TASK BRIEF - Repeat the entries exactly. Leave nothing out.

SOURCE RECORDS -
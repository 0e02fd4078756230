//! Replies that come back to their origin.

ghost use Rattle.std.specs.Prelude.{◌≡◌};
ghost use Rattle.ring_math.specs.Sides.{is_in};
ghost use Rattle.overlay_rules.specs.Replicas.{on_reply as on_reply_of};
ghost use Rattle.node_parts.specs.declared.change.Wait.TheVariants as waiting;
ghost use Rattle.node_core.specs.Rows.{IsRow};

use node_parts::{Change, Node, Prepared, Wait};
use ring_math::OutOfMemory;
use std::alloc::Global;
use wire_msg::{Answer, Reply, Sends};

/// Whether the number waits.
fn is_waiting(waiting: &[u64], number: u64) -> bool
    ensures { result ≡ is_in waiting.now number }
{
    waiting.iter().any(|other| *other == number)
}

/// The row of a reply: it closes its number, if that waits.
#[inline(never)]
pub(crate) fn on_reply(
    node: &Node,
    alloc: Global,
    number: u64,
    reply: &Reply,
) -> Result<Prepared, OutOfMemory>
    ensures { IsRow node.now waiting.Keep (λ s. on_reply_of s number reply.now) result }
{
    if is_waiting(&node.waiting, number) {
        let answer = Answer::Reply(reply.copy(alloc)?);
        Prepared::closing(
            alloc,
            Change::waits(Wait::Take { number }),
            Sends::new(alloc),
            number,
            answer,
        )
    } else {
        Ok(Prepared::quiet(alloc, Change::nothing()))
    }
}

REPLY TO THE EXERCISE -
repository 0e02fd4078756230
//! Replies that come back to their origin.

ghost use Rattle.std.specs.Prelude.{◌≡◌};
ghost use Rattle.ring_math.specs.Sides.{is_in};
ghost use Rattle.overlay_rules.specs.Replicas.{on_reply as on_reply_of};
ghost use Rattle.node_parts.specs.declared.change.Wait.TheVariants as waiting;
ghost use Rattle.node_core.specs.Rows.{IsRow};

use node_parts::{Change, Node, Prepared, Wait};
use ring_math::OutOfMemory;
use std::alloc::Global;
use wire_msg::{Answer, Reply, Sends};

/// Whether the number waits.
fn is_waiting(waiting: &[u64], number: u64) -> bool
    ensures { result ≡ is_in waiting.now number }
{
    waiting.iter().any(|other| *other == number)
}

/// The row of a reply: it closes its number, if that waits.
#[inline(never)]
pub(crate) fn on_reply(
    node: &Node,
    alloc: Global,
    number: u64,
    reply: &Reply,
) -> Result<Prepared, OutOfMemory>
    ensures { IsRow node.now waiting.Keep (λ s. on_reply_of s number reply.now) result }
{
    if is_waiting(&node.waiting, number) {
        let answer = Answer::Reply(reply.copy(alloc)?);
        Prepared::closing(
            alloc,
            Change::waits(Wait::Take { number }),
            Sends::new(alloc),
            number,
            answer,
        )
    } else {
        Ok(Prepared::quiet(alloc, Change::nothing()))
    }
}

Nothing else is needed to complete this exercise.